[Material shown — start]
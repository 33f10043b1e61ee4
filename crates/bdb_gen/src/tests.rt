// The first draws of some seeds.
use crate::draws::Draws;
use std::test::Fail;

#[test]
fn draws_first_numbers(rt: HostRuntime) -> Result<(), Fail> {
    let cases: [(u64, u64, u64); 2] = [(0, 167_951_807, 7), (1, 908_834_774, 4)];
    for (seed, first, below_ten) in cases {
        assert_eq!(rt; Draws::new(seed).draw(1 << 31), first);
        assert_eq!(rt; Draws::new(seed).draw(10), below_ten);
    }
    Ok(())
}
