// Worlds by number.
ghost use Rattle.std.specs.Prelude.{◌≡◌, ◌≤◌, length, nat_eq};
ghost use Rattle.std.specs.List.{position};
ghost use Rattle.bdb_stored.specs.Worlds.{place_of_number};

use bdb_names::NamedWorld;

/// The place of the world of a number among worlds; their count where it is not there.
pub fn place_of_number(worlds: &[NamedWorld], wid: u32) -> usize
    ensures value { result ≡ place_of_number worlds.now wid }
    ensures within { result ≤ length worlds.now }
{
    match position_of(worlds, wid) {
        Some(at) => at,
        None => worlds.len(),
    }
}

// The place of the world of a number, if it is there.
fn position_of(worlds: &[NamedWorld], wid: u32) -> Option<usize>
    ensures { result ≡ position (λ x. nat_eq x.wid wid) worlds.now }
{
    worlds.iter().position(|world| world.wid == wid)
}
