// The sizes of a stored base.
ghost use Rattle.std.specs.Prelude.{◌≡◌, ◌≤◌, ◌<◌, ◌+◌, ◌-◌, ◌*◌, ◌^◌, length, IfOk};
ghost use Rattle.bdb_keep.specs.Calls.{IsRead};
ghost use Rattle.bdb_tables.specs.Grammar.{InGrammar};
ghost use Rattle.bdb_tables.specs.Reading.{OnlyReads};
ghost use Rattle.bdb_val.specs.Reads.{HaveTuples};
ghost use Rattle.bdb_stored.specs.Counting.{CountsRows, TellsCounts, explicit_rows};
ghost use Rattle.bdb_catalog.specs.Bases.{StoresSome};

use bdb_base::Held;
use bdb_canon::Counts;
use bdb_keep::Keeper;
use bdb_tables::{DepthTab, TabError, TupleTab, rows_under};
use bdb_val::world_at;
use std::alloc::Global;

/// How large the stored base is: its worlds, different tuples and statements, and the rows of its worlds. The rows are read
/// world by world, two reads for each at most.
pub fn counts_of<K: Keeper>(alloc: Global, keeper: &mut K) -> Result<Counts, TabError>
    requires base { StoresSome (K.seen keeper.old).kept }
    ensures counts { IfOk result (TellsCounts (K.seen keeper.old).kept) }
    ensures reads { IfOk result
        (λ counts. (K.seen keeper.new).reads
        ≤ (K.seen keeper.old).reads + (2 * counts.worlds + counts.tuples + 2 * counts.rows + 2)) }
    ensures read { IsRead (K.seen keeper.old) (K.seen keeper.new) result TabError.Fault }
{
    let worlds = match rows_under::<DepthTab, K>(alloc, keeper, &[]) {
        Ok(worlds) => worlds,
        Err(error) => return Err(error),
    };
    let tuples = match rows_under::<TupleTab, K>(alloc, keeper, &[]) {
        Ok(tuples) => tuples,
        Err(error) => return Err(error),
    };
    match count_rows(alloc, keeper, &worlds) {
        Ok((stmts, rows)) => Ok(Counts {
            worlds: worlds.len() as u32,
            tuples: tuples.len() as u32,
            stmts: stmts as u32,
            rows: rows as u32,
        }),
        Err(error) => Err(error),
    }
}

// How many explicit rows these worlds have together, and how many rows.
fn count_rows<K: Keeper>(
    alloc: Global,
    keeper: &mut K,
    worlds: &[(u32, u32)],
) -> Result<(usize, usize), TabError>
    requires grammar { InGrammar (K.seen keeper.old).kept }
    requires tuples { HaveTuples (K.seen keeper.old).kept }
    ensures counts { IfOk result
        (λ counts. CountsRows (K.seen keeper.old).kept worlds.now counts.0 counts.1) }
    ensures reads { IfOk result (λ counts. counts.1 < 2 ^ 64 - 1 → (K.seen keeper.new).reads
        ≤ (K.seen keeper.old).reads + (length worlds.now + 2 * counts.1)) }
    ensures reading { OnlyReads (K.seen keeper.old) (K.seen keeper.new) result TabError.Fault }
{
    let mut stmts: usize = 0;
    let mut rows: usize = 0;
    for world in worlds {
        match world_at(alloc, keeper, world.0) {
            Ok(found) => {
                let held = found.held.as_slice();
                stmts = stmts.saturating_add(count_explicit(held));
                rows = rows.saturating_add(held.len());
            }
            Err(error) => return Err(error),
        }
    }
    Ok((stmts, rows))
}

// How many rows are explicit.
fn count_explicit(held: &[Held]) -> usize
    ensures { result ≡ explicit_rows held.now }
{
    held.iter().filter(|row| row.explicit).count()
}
[Material shown — finish]
[Material shown — start]
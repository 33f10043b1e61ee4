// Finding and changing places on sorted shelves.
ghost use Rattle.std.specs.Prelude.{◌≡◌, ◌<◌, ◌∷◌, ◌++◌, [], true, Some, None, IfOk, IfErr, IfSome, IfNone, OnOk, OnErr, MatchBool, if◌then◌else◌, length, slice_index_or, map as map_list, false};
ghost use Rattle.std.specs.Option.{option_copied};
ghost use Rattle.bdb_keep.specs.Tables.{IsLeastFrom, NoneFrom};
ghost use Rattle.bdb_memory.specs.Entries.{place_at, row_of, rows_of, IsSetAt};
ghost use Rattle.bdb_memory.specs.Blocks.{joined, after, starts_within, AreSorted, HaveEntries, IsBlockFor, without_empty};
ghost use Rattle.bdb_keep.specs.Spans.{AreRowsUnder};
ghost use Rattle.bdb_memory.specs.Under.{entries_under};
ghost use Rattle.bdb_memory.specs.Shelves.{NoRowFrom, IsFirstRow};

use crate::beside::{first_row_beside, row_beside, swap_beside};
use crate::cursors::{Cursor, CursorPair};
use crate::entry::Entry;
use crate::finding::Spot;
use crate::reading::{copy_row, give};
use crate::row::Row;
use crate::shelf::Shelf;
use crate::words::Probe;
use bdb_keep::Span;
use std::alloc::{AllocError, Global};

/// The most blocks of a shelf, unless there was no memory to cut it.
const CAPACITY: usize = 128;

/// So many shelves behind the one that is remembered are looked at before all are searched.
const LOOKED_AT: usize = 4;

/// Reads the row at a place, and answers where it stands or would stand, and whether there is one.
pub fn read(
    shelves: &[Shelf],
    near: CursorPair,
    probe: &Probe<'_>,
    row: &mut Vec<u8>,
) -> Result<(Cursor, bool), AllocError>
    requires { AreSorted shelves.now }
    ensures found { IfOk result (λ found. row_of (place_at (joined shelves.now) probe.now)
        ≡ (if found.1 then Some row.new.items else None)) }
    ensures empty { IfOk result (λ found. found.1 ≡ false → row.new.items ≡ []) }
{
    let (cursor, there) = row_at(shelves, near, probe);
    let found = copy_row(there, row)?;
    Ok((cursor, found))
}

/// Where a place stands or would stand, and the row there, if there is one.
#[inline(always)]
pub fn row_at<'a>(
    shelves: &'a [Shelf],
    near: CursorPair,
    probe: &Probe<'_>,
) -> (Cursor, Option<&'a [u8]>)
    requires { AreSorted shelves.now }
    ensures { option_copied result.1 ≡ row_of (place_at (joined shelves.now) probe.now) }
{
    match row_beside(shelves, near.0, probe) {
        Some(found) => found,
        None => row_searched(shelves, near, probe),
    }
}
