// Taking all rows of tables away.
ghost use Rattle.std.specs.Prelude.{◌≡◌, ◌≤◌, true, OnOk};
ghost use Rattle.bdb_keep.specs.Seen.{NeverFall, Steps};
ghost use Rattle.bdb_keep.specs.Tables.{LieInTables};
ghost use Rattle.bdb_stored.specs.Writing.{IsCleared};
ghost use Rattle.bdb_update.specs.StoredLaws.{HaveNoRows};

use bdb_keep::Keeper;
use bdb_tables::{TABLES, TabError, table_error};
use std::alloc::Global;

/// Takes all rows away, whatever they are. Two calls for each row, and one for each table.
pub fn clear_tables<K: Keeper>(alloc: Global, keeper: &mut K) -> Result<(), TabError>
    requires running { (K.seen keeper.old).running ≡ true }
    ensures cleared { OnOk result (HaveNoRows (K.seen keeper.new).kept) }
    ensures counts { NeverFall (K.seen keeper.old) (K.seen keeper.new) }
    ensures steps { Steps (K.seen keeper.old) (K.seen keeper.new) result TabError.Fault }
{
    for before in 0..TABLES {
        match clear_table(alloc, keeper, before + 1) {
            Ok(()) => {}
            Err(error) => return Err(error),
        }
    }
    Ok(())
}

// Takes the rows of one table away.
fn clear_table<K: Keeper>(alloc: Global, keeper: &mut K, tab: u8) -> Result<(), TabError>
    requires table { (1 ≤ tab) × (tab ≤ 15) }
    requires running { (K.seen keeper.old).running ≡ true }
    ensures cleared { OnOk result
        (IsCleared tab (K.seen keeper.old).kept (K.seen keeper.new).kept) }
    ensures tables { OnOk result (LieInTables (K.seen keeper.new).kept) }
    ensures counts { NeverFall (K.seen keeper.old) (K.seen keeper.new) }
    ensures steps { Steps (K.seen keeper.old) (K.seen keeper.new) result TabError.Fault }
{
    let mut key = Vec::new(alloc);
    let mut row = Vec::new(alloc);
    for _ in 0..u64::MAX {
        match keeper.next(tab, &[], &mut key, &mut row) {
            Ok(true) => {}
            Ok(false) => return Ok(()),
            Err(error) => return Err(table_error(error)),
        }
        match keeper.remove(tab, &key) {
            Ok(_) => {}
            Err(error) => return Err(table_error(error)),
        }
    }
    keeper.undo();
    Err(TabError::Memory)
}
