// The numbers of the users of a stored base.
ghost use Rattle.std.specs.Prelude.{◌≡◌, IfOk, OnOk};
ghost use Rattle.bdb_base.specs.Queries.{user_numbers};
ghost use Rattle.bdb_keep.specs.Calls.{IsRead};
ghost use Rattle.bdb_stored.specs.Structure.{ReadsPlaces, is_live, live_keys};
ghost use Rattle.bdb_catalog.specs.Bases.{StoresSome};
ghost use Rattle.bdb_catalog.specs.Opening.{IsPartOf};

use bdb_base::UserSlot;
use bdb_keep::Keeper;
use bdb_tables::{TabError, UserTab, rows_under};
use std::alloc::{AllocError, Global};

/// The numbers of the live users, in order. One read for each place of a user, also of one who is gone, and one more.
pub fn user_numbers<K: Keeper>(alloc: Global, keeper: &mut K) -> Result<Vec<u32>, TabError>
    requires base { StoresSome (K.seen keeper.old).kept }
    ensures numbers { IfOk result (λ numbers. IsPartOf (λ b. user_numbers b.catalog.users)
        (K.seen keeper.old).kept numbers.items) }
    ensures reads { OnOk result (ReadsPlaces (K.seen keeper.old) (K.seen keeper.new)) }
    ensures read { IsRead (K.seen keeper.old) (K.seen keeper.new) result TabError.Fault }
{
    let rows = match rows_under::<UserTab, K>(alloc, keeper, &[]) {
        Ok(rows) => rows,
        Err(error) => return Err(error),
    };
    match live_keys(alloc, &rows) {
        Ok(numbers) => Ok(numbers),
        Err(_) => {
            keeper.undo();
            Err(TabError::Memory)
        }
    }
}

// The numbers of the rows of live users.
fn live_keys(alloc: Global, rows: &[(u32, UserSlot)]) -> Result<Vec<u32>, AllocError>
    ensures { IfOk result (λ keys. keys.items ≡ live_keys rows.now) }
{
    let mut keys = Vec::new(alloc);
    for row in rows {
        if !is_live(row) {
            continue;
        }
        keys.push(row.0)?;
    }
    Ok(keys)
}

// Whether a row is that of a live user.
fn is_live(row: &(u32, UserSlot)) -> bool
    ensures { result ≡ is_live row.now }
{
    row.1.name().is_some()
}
[Material shown — finish]
[Material shown — start]
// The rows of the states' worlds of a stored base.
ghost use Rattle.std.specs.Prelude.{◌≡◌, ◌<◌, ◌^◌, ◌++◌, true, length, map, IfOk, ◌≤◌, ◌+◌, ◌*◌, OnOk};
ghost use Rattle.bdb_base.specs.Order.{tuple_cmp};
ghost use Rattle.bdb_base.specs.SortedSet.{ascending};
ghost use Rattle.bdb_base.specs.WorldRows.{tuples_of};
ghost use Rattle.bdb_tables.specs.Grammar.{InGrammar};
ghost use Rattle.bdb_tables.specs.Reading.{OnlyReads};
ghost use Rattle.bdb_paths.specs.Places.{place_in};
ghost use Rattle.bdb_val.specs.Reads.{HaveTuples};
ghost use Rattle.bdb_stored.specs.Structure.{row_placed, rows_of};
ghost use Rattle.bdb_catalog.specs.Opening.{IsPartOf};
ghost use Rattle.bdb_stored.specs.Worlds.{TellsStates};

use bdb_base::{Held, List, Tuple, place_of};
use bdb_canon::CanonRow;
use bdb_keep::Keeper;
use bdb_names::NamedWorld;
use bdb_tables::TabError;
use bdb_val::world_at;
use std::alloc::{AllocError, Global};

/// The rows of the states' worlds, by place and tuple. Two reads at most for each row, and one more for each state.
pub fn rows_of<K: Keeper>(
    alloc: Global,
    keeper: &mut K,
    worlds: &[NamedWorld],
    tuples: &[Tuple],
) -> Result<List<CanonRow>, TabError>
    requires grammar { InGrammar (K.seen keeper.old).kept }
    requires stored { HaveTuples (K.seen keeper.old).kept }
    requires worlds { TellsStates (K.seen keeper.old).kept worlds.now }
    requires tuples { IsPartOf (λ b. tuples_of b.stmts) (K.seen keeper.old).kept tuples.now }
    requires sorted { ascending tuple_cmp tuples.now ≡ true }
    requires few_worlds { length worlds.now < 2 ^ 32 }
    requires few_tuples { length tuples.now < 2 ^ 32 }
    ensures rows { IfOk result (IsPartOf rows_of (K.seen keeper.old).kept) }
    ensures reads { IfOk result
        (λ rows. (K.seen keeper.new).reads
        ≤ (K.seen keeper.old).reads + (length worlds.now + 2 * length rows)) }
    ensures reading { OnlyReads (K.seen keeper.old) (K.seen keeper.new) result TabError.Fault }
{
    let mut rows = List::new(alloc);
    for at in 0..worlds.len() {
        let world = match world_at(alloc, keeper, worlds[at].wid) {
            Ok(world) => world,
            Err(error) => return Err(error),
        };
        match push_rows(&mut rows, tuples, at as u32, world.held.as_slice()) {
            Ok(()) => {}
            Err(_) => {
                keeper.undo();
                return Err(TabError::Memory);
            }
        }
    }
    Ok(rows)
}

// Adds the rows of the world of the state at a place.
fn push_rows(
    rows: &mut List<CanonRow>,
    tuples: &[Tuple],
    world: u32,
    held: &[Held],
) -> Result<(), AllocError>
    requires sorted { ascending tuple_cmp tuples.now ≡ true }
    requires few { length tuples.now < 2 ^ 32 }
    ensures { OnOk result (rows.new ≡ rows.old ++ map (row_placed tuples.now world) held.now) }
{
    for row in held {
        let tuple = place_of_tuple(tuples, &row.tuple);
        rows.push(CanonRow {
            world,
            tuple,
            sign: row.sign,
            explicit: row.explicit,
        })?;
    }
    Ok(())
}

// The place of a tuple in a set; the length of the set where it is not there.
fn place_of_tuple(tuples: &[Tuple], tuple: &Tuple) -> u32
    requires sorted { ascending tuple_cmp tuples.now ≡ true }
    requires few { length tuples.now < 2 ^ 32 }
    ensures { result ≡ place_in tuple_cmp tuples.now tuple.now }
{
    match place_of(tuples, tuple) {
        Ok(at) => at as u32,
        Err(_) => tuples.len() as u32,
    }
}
[Material shown — finish]
Every line of the listing that holds "Takes" is to be counted; give only the resulting number.

2